A study by Tufts University says:
A recent study by Tufts nutrition researchers found that the development of age-related macular degeneration may be tied to over consumption of certain carbohydrates.
Boston [07.24.07] Doctors have already found many reasons to recommend decreased consumption of foods such as white bread and sugary snacks.
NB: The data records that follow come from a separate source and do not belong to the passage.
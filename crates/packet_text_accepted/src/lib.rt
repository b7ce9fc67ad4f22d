// What the packet lister prints of a packet that is accepted, put into a lent buffer.
#![tactic(auto)]

ghost use Rattle.std.specs.Prelude.{◌≤◌, length};
ghost use Rattle.numerals.specs.Inner.{Put};
ghost use Rattle.packet_text_frames.specs.Inner.{Small};
ghost use Rattle.packet_text_accepted.specs.AcceptedText.{accepted_text};

use framing::Packet;
use listing::{put_line_run, put_word_run};
use packet_text_frames::put_frames_run;

pub fn put_accepted_run(out: &mut [u8], a: Packet) -> usize
    requires { (277 ≤ length out.old) × Small a }
    ensures { Put 277 out.old 0 (accepted_text a) out.new result }
{
    let place = put_line_run(out, 0, b"config", &[a.config as i16]);
    let place = put_line_run(out, place, b"arrangement", &[a.arrangement as i16]);
    let place = put_frames_run(out, place, a);
    put_word_run(out, place, b"end\n")
}
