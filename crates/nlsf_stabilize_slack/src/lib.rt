// The stabiliser's numbers (RFC 6716, section 4.2.7.5.4): how far each value lies above the sum of the gaps up to it. They stand
// between 0 and what the gaps leave of 32,768, and rise just where the vector keeps its gaps. Moves are whole numbers, one of which
// can be 32,768: 32 bits hold them.
#![tactic(auto)]

ghost use Rattle.std.specs.Prelude.{◌≡◌, suc, ◌≤◌, ◌<◌, pos, ◌-ℤ◌, length, replicate};
ghost use Rattle.spectrum.specs.Gaps.{Ruled};
ghost use Rattle.spectrum.specs.Values.{top, total};
ghost use Rattle.nlsf_stabilize_slack.specs.Inner.{Held};

// Of a vector: w, lent with what the gaps leave of 32,768 in every place, and the sums of its gaps, s.
pub fn slacks_run(w: &mut [i32; 18], s: &mut [i32; 18], v: &[i16], g: &[i16])
    requires w_value { (w.old ≡ replicate 18 (top -ℤ total g.now)) × (s.old ≡ replicate 18 (pos 0)) }
    requires ruled { (Ruled g.now × (length g.now ≡ suc (length v.now))) × ((0 < length v.now) × (length v.now ≤ 16)) }
    ensures { Held g.now v.now v.now w.new s.new }
{
    w[0] = 0;
    let mut sum: i32 = 0;
    for i in 0..v.len() {
        sum += i32::from(g[i]);
        s[i + 1] = sum;
        w[i + 1] = i32::from(v[i]) - sum;
    }
}
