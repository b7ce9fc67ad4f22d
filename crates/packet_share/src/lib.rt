// The room of a packet's frames, all of it for the last or in equal shares: whether each share is a frame's size (RFC 6716
// sections 3.2 and 3.4).
#![tactic(auto)]

ghost use Rattle.std.specs.Prelude.{◌≤◌, ◌≡◌};
ghost use Rattle.packet_share.specs.Inner.{closed as closedOf, shared as sharedOf};

// The longest frame (rule R2 of section 3.4).
const LONGEST_FRAME: usize = 1275;

// Where the first frame of a packet that keeps the rules starts, and the last frame's size.
#[derive(Clone, Copy)]
pub struct Span {
    pub head: usize,
    pub last: usize,
}

pub fn closed(head: usize, last: usize) -> Option<Span>
    ensures { result ≡ closedOf head last }
{
    if LONGEST_FRAME < last {
        None
    } else {
        Some(Span { head, last })
    }
}

// n equal shares of the room. The first two need no division by a number that is not known.
pub fn shared_run(head: usize, n: usize, room: usize) -> Option<Span>
    requires { 1 ≤ n }
    ensures { result ≡ sharedOf head n room }
{
    if n == 1 {
        return closed(head, room);
    }
    if n == 2 {
        if room % 2 == 0 {
            return closed(head, room / 2);
        }
        return None;
    }
    if room % n == 0 {
        return closed(head, room / n);
    }
    None
}
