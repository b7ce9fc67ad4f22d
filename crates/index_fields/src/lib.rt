// Whether the fields of a record lie in their ranges, so that a frame may be written (document 01, "Side indices",
// refusal 8). The pitch of an unvoiced frame is not looked at.
#![tactic(auto)]

ghost use Rattle.std.specs.Prelude.{◌≡◌, ◌<◌, pos};
ghost use Rattle.deciding.specs.Inner.{Decides};
ghost use Rattle.silk.specs.Inner.Indices.{Rate, Subframes, WritesPitch, Writes};

use index_fields_parts::{gains_ok_run, interpolation_ok_run, kind_ok_run, spectrum_ok};
use index_fields_pitch::pitch_ok_run;
use silk::{Indices, Setting};

// The pitch of a voiced frame.
fn voicing_ok(x: Indices, s: Setting) -> bool
    requires { Rate s.khz × Subframes s.subframes }
    ensures { Decides result (x.signal ≡ pos 2 → WritesPitch s x) }
{
    if x.signal == 2 {
        pitch_ok_run(x, s)
    } else {
        true
    }
}

pub fn fields_ok_run(x: Indices, s: Setting) -> bool
    requires { Rate s.khz × Subframes s.subframes × (s.active < 2) }
    ensures { Decides result (Writes s x) }
{
    let seed = (0 <= x.seed) & (x.seed <= 3);
    kind_ok_run(x, s.active)
        & (gains_ok_run(x, s.mode, s.subframes)
            & (spectrum_ok(x, s.khz)
                & (interpolation_ok_run(x.interp, s.subframes) & (voicing_ok(x, s) & seed))))
}
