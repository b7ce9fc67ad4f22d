// How large a pulse is (document 01, "Pulses"): its magnitude, which shifts and low bits are counted of.
#![tactic(auto)]

ghost use Rattle.std.specs.Prelude.{◌≡◌, nat_abs};

// Whatever its sign: 32,768 for -32,768.
pub fn magnitude(pulse: i16) -> u32
    ensures { result ≡ nat_abs pulse }
{
    u32::from(pulse.unsigned_abs())
}
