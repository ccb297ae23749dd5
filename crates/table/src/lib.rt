// The form of a whole table: causes of refusal 1 to 5.
#![tactic(auto)]

pub mod variables; // variables.rt: the variables of a table, eight words each, read with every test that cause 4 asks for; and the lengths of the objects

ghost use Rattle.std.specs.Prelude.{◌≡◌, true};
ghost use Rattle.words.specs.Sections.{in_limits};
ghost use Rattle.table.specs.Form.{is_number, four_pairs, length_right, sections_of, fourth_right, directory_right, head_right, object_right, variable_reads};
ghost use Rattle.table.specs.Form.{row_reads, statement_reads, lowest_object, lowest_variable, lowest_row, lowest_statement, items_form, form_of};

use answers::refusals::Refusal;
use arrays::lowest;
use statements::read_statement;
use sums::BIAS;
use variables::{read_object, read_row, read_variable};
use words::field::plain;
use words::sections::{Sections, in_limits};
use words::word;

// The word is the number n.
fn is_number(n: usize, w: u64) -> bool
    ensures { result ≡ is_number n w }
{
    (BIAS <= w) & (plain(w) == n)
}

// Whether there is a fourth pair, that of the rows.
fn four_pairs(table: &[i32]) -> bool
    ensures { result ≡ four_pairs table.now }
{
    is_number(8, word(table, 0))
}

fn length_right(table: &[i32]) -> bool
    ensures { result ≡ length_right table.now }
{
    if four_pairs(table) {
        return (6 <= table.len()) & (table.len() <= 7704);
    }
    (6 <= table.len()) & (table.len() <= 7318)
}

// What the directory's lengths say of the sections.
pub fn sections_of(table: &[i32]) -> Sections
    ensures { result ≡ sections_of table.now }
{
    let objects = plain(word(table, 1));
    let variables = plain(word(table, 3)) / 8;
    let statements = plain(word(table, 5)) / 7;
    if four_pairs(table) {
        return Sections {
            start: 8,
            objects: objects,
            variables: variables,
            statements: statements,
            rows: plain(word(table, 7)) / 6,
        };
    }
    Sections {
        start: 6,
        objects: objects,
        variables: variables,
        statements: statements,
        rows: 0,
    }
}

// The fourth pair is the one of these sections, where there is one.
fn fourth_right(table: &[i32], sections: Sections) -> bool
    requires { in_limits sections ≡ true }
    ensures { result ≡ fourth_right table.now sections }
{
    let rows = sections.start + sections.objects + 8 * sections.variables + 7 * sections.statements;
    (sections.start == 6)
        | (is_number(rows, word(table, 6)) & is_number(6 * sections.rows, word(table, 7)))
}

// The pairs are the ones that these sections have, and the last section ends the table.
pub fn directory_right(table: &[i32], sections: Sections) -> bool
    ensures { result ≡ directory_right table.now sections }
{
    if !in_limits(sections) {
        return false;
    }
    // The lengths in words, the offsets of the second and the third section, and the end.
    let objects = sections.objects;
    let variables = 8 * sections.variables;
    let statements = 7 * sections.statements;
    let second = sections.start + objects;
    let third = second + variables;
    let end = third + statements + 6 * sections.rows;
    is_number(sections.start, word(table, 0))
        & is_number(objects, word(table, 1))
        & is_number(second, word(table, 2))
        & is_number(variables, word(table, 3))
        & is_number(third, word(table, 4))
        & is_number(statements, word(table, 5))
        & fourth_right(table, sections)
        & (table.len() == end)
}

// Causes 1 and 2 do not refuse the table.
pub fn head_right(table: &[i32]) -> bool
    ensures { result ≡ head_right table.now }
{
    length_right(table) & directory_right(table, sections_of(table))
}

fn object_right(table: &[i32], sections: Sections, o: usize) -> bool
    ensures { result ≡ object_right table.now sections o }
{
    let length = read_object(table, sections, o);
    (1 <= length) & (length <= 1000000)
}

fn variable_reads(table: &[i32], sections: Sections, v: usize) -> bool
    ensures { result ≡ variable_reads table.now sections v }
{
    read_variable(table, sections, v).is_some()
}

fn row_reads(table: &[i32], sections: Sections, r: usize) -> bool
    ensures { result ≡ row_reads table.now sections r }
{
    read_row(table, sections, r).is_some()
}

fn statement_reads(table: &[i32], sections: Sections, at: usize) -> bool
    ensures { result ≡ statement_reads table.now sections at }
{
    read_statement(table, sections, at).is_some()
}

// The lowest object whose length is wrong, else their number.
pub fn lowest_object(table: &[i32], sections: Sections) -> usize
    ensures { result ≡ lowest_object table.now sections }
{
    lowest(sections.objects, |o| !object_right(table, sections, o))
}

fn lowest_variable(table: &[i32], sections: Sections) -> usize
    ensures { result ≡ lowest_variable table.now sections }
{
    lowest(sections.variables, |v| !variable_reads(table, sections, v))
}

fn lowest_row(table: &[i32], sections: Sections) -> usize
    ensures { result ≡ lowest_row table.now sections }
{
    lowest(sections.rows, |r| !row_reads(table, sections, r))
}

pub fn lowest_statement(table: &[i32], sections: Sections) -> usize
    ensures { result ≡ lowest_statement table.now sections }
{
    lowest(
        sections.statements,
        |at| !statement_reads(table, sections, at),
    )
}

// Causes 3 to 5.
fn items_form(table: &[i32], sections: Sections) -> Result<Sections, Refusal>
    requires { in_limits sections ≡ true }
    ensures { result ≡ items_form table.now sections }
{
    let object = lowest_object(table, sections);
    if object < sections.objects {
        return Err(Refusal::ObjectLength(object));
    }
    let variable = lowest_variable(table, sections);
    if variable < sections.variables {
        return Err(Refusal::VariableRecord(variable));
    }
    let row = lowest_row(table, sections);
    if row < sections.rows {
        return Err(Refusal::VariableRecord(sections.variables + row));
    }
    let statement = lowest_statement(table, sections);
    if statement < sections.statements {
        return Err(Refusal::StatementRecord(statement));
    }
    Ok(sections)
}

// The first of the causes 1 to 5, in this order, each with its lowest place; else the sections.
pub fn read_form(table: &[i32]) -> Result<Sections, Refusal>
    ensures { result ≡ form_of table.now }
{
    if !length_right(table) {
        return Err(Refusal::Length);
    }
    let sections = sections_of(table);
    if !directory_right(table, sections) {
        return Err(Refusal::Directory);
    }
    items_form(table, sections)
}
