// The variables of a table, eight words each, read with every test that cause 4 asks for; and the lengths of the objects.
ghost use Rattle.std.specs.Prelude.{◌≡◌, ◌<◌};
ghost use Rattle.table.specs.Variables.{end_words_at, end_right, end_zero, end_of, variable_words_at, integer_record, is_size, size_of};
ghost use Rattle.table.specs.Variables.{pointer_record, variable_of, variable_at, row_words_at, row_of, row_at, object_cells, object_at};

use sums::BIAS;
use words::field::{index_of, is_constant, is_zero, plain};
use words::sections::{Sections, in_limits, kind_is, kind_of, names_index, names_pointer};
use words::word;

// An end of declared bounds: pointer + size times integer + constant. A missing integer is 16, the number that stands for zero. The constant is biased.
#[derive(Clone, Copy, Debug, PartialEq, Eq)]
pub struct End {
    pub pointer: usize,
    pub integer: usize,
    pub constant: u64,
}

#[derive(Clone, Copy, Debug, PartialEq, Eq)]
pub enum Variable {
    Integer,
    Pointer { size: u64, lower: End, upper: End },
}

// A bounds row: the two ends that a kind 14 declares.
#[derive(Clone, Copy)]
pub struct BoundsRow {
    pub lower: End,
    pub upper: End,
}

// The three words of an end.
#[derive(Clone, Copy)]
struct EndWords {
    pointer: u64,
    integer: u64,
    constant: u64,
}

// The eight words of a variable record.
#[derive(Clone, Copy)]
struct VariableWords {
    kind: u64,
    size: u64,
    lower: EndWords,
    upper: EndWords,
}

// The six words of a bounds row.
#[derive(Clone, Copy)]
struct RowWords {
    lower: EndWords,
    upper: EndWords,
}

fn end_words_at(table: &[i32], start: usize) -> EndWords
    requires { start < 65536 }
    ensures { result ≡ end_words_at table.now start }
{
    EndWords {
        pointer: word(table, start),
        integer: word(table, start + 1),
        constant: word(table, start + 2),
    }
}

fn variable_words_at(table: &[i32], start: usize) -> VariableWords
    requires { start < 65000 }
    ensures { result ≡ variable_words_at table.now start }
{
    VariableWords {
        kind: word(table, start),
        size: word(table, start + 1),
        lower: end_words_at(table, start + 2),
        upper: end_words_at(table, start + 5),
    }
}

fn end_right(table: &[i32], sections: Sections, e: EndWords) -> bool
    ensures { result ≡ end_right table.now sections e }
{
    names_pointer(table, sections, e.pointer)
        & names_index(table, sections, e.integer)
        & is_constant(e.constant)
}

fn end_zero(e: EndWords) -> bool
    ensures { result ≡ end_zero e }
{
    is_zero(e.pointer) & is_zero(e.integer) & is_zero(e.constant)
}

fn end_of(e: EndWords) -> End
    ensures { result ≡ end_of e }
{
    End {
        pointer: plain(e.pointer),
        integer: index_of(e.integer),
        constant: e.constant,
    }
}

fn integer_record(w: VariableWords) -> bool
    ensures { result ≡ integer_record w }
{
    is_zero(w.kind) & is_zero(w.size) & end_zero(w.lower) & end_zero(w.upper)
}

// The word of an element size: 0 to 8.
fn is_size(w: u64) -> bool
    ensures { result ≡ is_size w }
{
    (w >= BIAS) & (w <= BIAS + 8)
}

// The element size, 0 for one cell.
fn size_of(w: u64) -> u64
    ensures { result ≡ size_of w }
{
    if w == BIAS {
        return 1;
    }
    plain(w) as u64
}

fn pointer_record(table: &[i32], sections: Sections, w: VariableWords) -> bool
    ensures { result ≡ pointer_record table.now sections w }
{
    kind_is(false, true, true, kind_of(w.kind))
        & is_size(w.size)
        & end_right(table, sections, w.lower)
        & end_right(table, sections, w.upper)
}

fn variable_of(table: &[i32], sections: Sections, w: VariableWords) -> Option<Variable>
    ensures { result ≡ variable_of table.now sections w }
{
    if integer_record(w) {
        return Some(Variable::Integer);
    }
    if pointer_record(table, sections, w) {
        return Some(Variable::Pointer {
            size: size_of(w.size),
            lower: end_of(w.lower),
            upper: end_of(w.upper),
        });
    }
    None
}

fn row_words_at(table: &[i32], start: usize) -> RowWords
    requires { start < 65000 }
    ensures { result ≡ row_words_at table.now start }
{
    RowWords {
        lower: end_words_at(table, start),
        upper: end_words_at(table, start + 3),
    }
}

fn row_of(table: &[i32], sections: Sections, w: RowWords) -> Option<BoundsRow>
    ensures { result ≡ row_of table.now sections w }
{
    if end_right(table, sections, w.lower) & end_right(table, sections, w.upper) {
        return Some(BoundsRow {
            lower: end_of(w.lower),
            upper: end_of(w.upper),
        });
    }
    None
}

// The row of a number; a row that the sections do not have is unread.
pub fn read_row(table: &[i32], sections: Sections, r: usize) -> Option<BoundsRow>
    ensures { result ≡ row_at table.now sections r }
{
    if in_limits(sections) & (r < sections.rows) {
        let start = sections.start
            + sections.objects
            + 8 * sections.variables
            + 7 * sections.statements
            + 6 * r;
        return row_of(table, sections, row_words_at(table, start));
    }
    None
}

// The record of a variable; a variable that the sections do not have is unread.
pub fn read_variable(table: &[i32], sections: Sections, v: usize) -> Option<Variable>
    ensures { result ≡ variable_at table.now sections v }
{
    if in_limits(sections) & (v < sections.variables) {
        return variable_of(
            table,
            sections,
            variable_words_at(table, sections.start + sections.objects + 8 * v),
        );
    }
    None
}

// The length that the word of an object gives, its sign removed.
fn object_cells(w: u64) -> u64
    ensures { result ≡ object_cells w }
{
    if w < BIAS {
        return BIAS - w;
    }
    plain(w) as u64
}

// The length of an object; 0 where there is no such object.
pub fn read_object(table: &[i32], sections: Sections, o: usize) -> u64
    ensures { result ≡ object_at table.now sections o }
{
    if in_limits(sections) & (o < sections.objects) {
        return object_cells(word(table, sections.start + o));
    }
    0
}
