//! Trees that may be checked and printed.
ghost use Rattle.std.specs.Prelude.{◌≡◌, ◌⊎◌, All, IfOk, IsTrue, length};
ghost use Rattle.linear_cons.specs.Functions.{IsOver, NumbersFit, complement_of};
ghost use Rattle.decision_tree.specs.Extent.{ComplementsFit, PickIs};
ghost use Rattle.decision_tree.specs.Plans.{plan_of, top};
ghost use Rattle.decision_tree.specs.declared.reason.Cause.TheVariants.{Given};
ghost use Rattle.ordinal_rank.specs.Families.{IsFit, IsTreeOver};
ghost use Rattle.ordinal_rank.specs.Ordinals.{functions_of};

use crate::ordinal::OrdinalRank;
use decision_tree::{HeldCause, HeldWhy, Pick, Shared, Tree, TreeList, Why};
use line_text::is_over;
use linear_cons::Row;
use std::alloc::{AllocError, Global};
use step_meaning::Names;

/// The trees, where one that can't be printed is given up: it speaks of a place past the names, has a row whose complement passes 128 bits, or
/// more leaves than can be numbered. The only error is want of memory.
pub(crate) fn fitted(
    alloc: Global,
    trees: &[Tree<OrdinalRank>],
    names: &Names,
) -> Result<TreeList<OrdinalRank>, AllocError>
    ensures fit { IfOk result (λ made. All (IsFit (length names.now)) made) }
    ensures labels { IfOk result (λ made. length made ≡ length trees.now) }
{
    let mut made = Vec::with_capacity(alloc, trees.len())?;
    for label in 0..trees.len() {
        let tree = fit_or_given_up(alloc, &trees[label], names)?;
        made.push(tree)?;
    }
    Ok(TreeList::of(made))
}

/// A copy of the tree, or what stands for one that can't be printed.
pub(crate) fn fit_or_given_up(
    alloc: Global,
    tree: &Tree<OrdinalRank>,
    names: &Names,
) -> Result<Tree<OrdinalRank>, AllocError>
    ensures fit { IfOk result (λ made. IsFit (length names.now) (plan_of made)) }
    ensures same { IfOk result (λ made. (plan_of made ≡ plan_of tree.now) ⊎ (plan_of made ≡ top Given)) }
{
    if is_fit(tree, names) && tree.leaves() < u64::MAX {
        let copy = tree.copy(alloc)?;
        Ok(copy)
    } else {
        Ok(Tree::Top(HeldCause::given()))
    }
}

/// True only where the rows, ranks and picks of the tree are over the names, and the complements of the rows fit 128 bits.
fn is_fit(tree: &Tree<OrdinalRank>, names: &Names) -> bool
    ensures over { IsTrue result → IsTreeOver (length names.now) (plan_of tree.now) }
    ensures complements { IsTrue result → ComplementsFit (plan_of tree.now) }
{
    match tree {
        Tree::Bottom | Tree::Top(_) => true,
        Tree::Leaf { why, rank } => is_rank_over(rank, names) && is_pick_over(why, names),
        Tree::Node { row, yes, no } => {
            is_row_fit(row, names) && is_fit(yes, names) && is_fit(no, names)
        }
    }
}

/// True only where the row's function is over the names, and its complement fits 128 bits.
#[inline(never)]
fn is_row_fit(row: &Shared<Row>, names: &Names) -> bool
    ensures over { IsTrue result → IsOver (length names.now) row.now.affine }
    ensures complement { IsTrue result → NumbersFit (complement_of row.now.affine) }
{
    is_over(&row.affine, names) && row.not().is_ok()
}

/// True only where all functions of the rank are over the names.
#[inline(never)]
fn is_rank_over(rank: &Shared<OrdinalRank>, names: &Names) -> bool
    ensures { IsTrue result → All (IsOver (length names.now)) (functions_of rank.now) }
{
    is_over(&rank.fourth, names)
        && is_over(&rank.third, names)
        && is_over(&rank.second, names)
        && is_over(&rank.first, names)
        && is_over(&rank.finite, names)
}

/// True only where the function whose value the leaf picks, if it picks one, is over the names.
#[inline(never)]
fn is_pick_over(why: &HeldWhy, names: &Names) -> bool
    ensures { IsTrue result → PickIs (IsOver (length names.now)) why.now }
{
    let reason = why.why();
    match &reason {
        Why::Step(Pick::Value(value)) => is_over(value, names),
        _ => true,
    }
}
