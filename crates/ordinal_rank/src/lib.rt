//! Ranks below ω^5, and what families of such ranks say of runs that no number known at the start bounds.
//!
//! A rank is affine functions in order, up to five: that of ω^4 is the highest. Where a step may choose any number at all, the functions behind one of them begin anew, at the price of one of
//! that. Trees of such ranks are proposed by sweeps over the labels and by linear programs, and what is said is what the check leaves of them: wherever a tree makes a
//! claim, every run ends, bounded one after the other (`Ends.antt` in `specs/`). It stands on `tree_check` for the check, on `backward_sweeps`,
//! `backward_transfer` and `tree_widening` for the sweeps, and on `rank_synthesis` for ranks of cells. The front door: `ranked`, the tree at the entry; `rank_family` is one family, and `OrdinalRank` a rank.
#![tactic(auto)]

mod cells;
mod entry;
mod family;
mod fitting;
mod jump;
mod lacking;
pub mod laws;
mod operands;
mod ordinal;
mod raising;
mod sweeps;

pub use entry::ranked;
pub use family::rank_family;
pub use jump::{Power, back_jump};
pub use ordinal::OrdinalRank;
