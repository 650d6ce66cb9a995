//! Which inputs are left of which nothing is said.
use crate::ordinal::OrdinalRank;
use decision_tree::{AffineRank, Rank, Tree};
use std::alloc::{AllocError, Global};
use tree_unify::{Stopped, TreeFault, Walk};

/// Whether some input may be left of which neither the cover nor the tree says anything. The only error is want of memory.
pub(crate) fn lacks(
    alloc: Global,
    cover: &Tree<AffineRank>,
    ranked: &Tree<OrdinalRank>,
) -> Result<bool, AllocError> {
    let open = Beyond {
        tree: ranked,
        asked: Undefined,
    };
    leads_to_some(alloc, cover, &open)
}

/// Whether the proposal may claim something of an input of which neither the cover nor the tree says anything. The only error is want of memory.
pub(crate) fn adds(
    alloc: Global,
    cover: &Tree<AffineRank>,
    ranked: &Tree<OrdinalRank>,
    proposal: &Tree<OrdinalRank>,
) -> Result<bool, AllocError> {
    let open = Beyond {
        tree: ranked,
        asked: Beyond {
            tree: proposal,
            asked: Defined,
        },
    };
    leads_to_some(alloc, cover, &open)
}

/// What is asked at a leaf, behind the rows that lead there.
trait AtLeaf: Drop {
    /// Whether it is so at a leaf that is defined, or at one that isn't. The walk stands where it stood where it isn't so.
    fn holds(&self, walk: &mut Walk, is_defined: bool) -> Result<bool, Stopped>;
}

/// That the leaf is undefined.
#[derive(Drop)]
struct Undefined;

impl AtLeaf for Undefined {
    fn holds(&self, _walk: &mut Walk, is_defined: bool) -> Result<bool, Stopped> {
        Ok(!is_defined)
    }
}

/// That the leaf is defined.
#[derive(Drop)]
struct Defined;

impl AtLeaf for Defined {
    fn holds(&self, _walk: &mut Walk, is_defined: bool) -> Result<bool, Stopped> {
        Ok(is_defined)
    }
}

/// That the leaf is undefined, and what is asked holds at some leaf of the tree there.
#[derive(Drop)]
struct Beyond<'t, A: AtLeaf> {
    tree: &'t Tree<OrdinalRank>,
    asked: A,
}

impl<'t, A: AtLeaf> AtLeaf for Beyond<'t, A> {
    fn holds(&self, walk: &mut Walk, is_defined: bool) -> Result<bool, Stopped> {
        if is_defined {
            return Ok(false);
        }
        some_leaf(walk, self.tree, &self.asked)
    }
}

/// Whether it is so at a leaf of the tree that may be met behind the rows of the walk. The walk stands where it stood where it isn't so.
fn some_leaf<R: Rank, A: AtLeaf>(
    walk: &mut Walk,
    tree: &Tree<R>,
    asked: &A,
) -> Result<bool, Stopped> {
    match tree {
        Tree::Bottom | Tree::Top(_) => asked.holds(walk, false),
        Tree::Leaf { .. } => asked.holds(walk, true),
        Tree::Node { row, yes, no } => match walk.trail.settles(row) {
            Some(true) => some_leaf(walk, yes, asked),
            Some(false) => some_leaf(walk, no, asked),
            None => {
                walk.down(row)?;
                if some_leaf(walk, yes, asked)? {
                    return Ok(true);
                }
                walk.turn()?;
                let found = some_leaf(walk, no, asked)?;
                walk.trail.up();
                Ok(found)
            }
        },
    }
}

/// Whether it is so at a leaf of the cover, or may be, where a complement passes 128 bits. The only error is want of memory.
fn leads_to_some<A: AtLeaf>(
    alloc: Global,
    cover: &Tree<AffineRank>,
    asked: &A,
) -> Result<bool, AllocError> {
    let mut walk = Walk::new(alloc);
    match some_leaf(&mut walk, cover, asked) {
        Ok(answer) => Ok(answer),
        Err(Stopped) => match walk.fault {
            TreeFault::Memory(error) => Err(error),
            TreeFault::Full { .. } | TreeFault::Wide(_) => Ok(true),
        },
    }
}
However, a new study by Tufts University researchers adds another reason to the list.
Research led by Allen Taylor, director of the Laboratory for Nutrition and Vision Research at the USDA Human Nutrition Research Center on Aging (USDA HNRCA) at Tufts, determined that eating certain types of carbohydrates might contribute to the development of age-related macular degeneration (AMD) and associated vision loss later in life.
In Taylor’s study, people consuming diets with a higher-than-average glycemic index faced a greater risk of developing AMD, as dietary glycemic index was directly proportional to the severity of AMD. However, the researchers note, that the study did not specifically determine the cause of AMD among subjects, nor did it pinpoint diet as the sole cause of their vision loss….
Diet, however, is not a currently a leading cause of AMD; aging, smoking and education level are more significantly linked, the researchers told the The New York Times. Taylor and colleaguesalso note that further long-term studies are needed to more comprehensively explore the relationship between diet and AMD.
“People are eating more simple sugar than they used to, and reverting to a diet that is more fruits and vegetables and less sweetened food would help,” Taylor told the The New York Times. “It doesn’t take a lot of change.”
Hijacks Your Brain:
Back to the Mail for this:
Insulin plays ‘good cop’ and ‘bad cop’ in your body. It’s good when you eat something with sugar, because it jumps in to control the sugar. But it is also bad because it speeds up sugar’s conversion into fat, depositing it in places where you don’t want it, such as around your belly.
Sugar is a criminal. Fat is bad. Got it?
Insulin resistance is very tough to fix. Exercise can help, and losing weight is considered to be the best possible move you can make. But it’s not easy because insulin resistance very often triggers overeating. It’s thought this is because it makes your body resistant to the ‘satiety’ appetite hormone, leptin, which tells your brain to stop eating – in this way, sugar can also hijack your brain chemistry.
Wow. Sugar can do all that.
Make no mistake kicking sugar is about being on-message. As this site says:
I’m here to tell you that addiction to sugar and junk foods is exactly the same as addiction to abusive drugs like nicotine, amphetamine and cannabis.
It also makes things taste nice and gives you energy to live.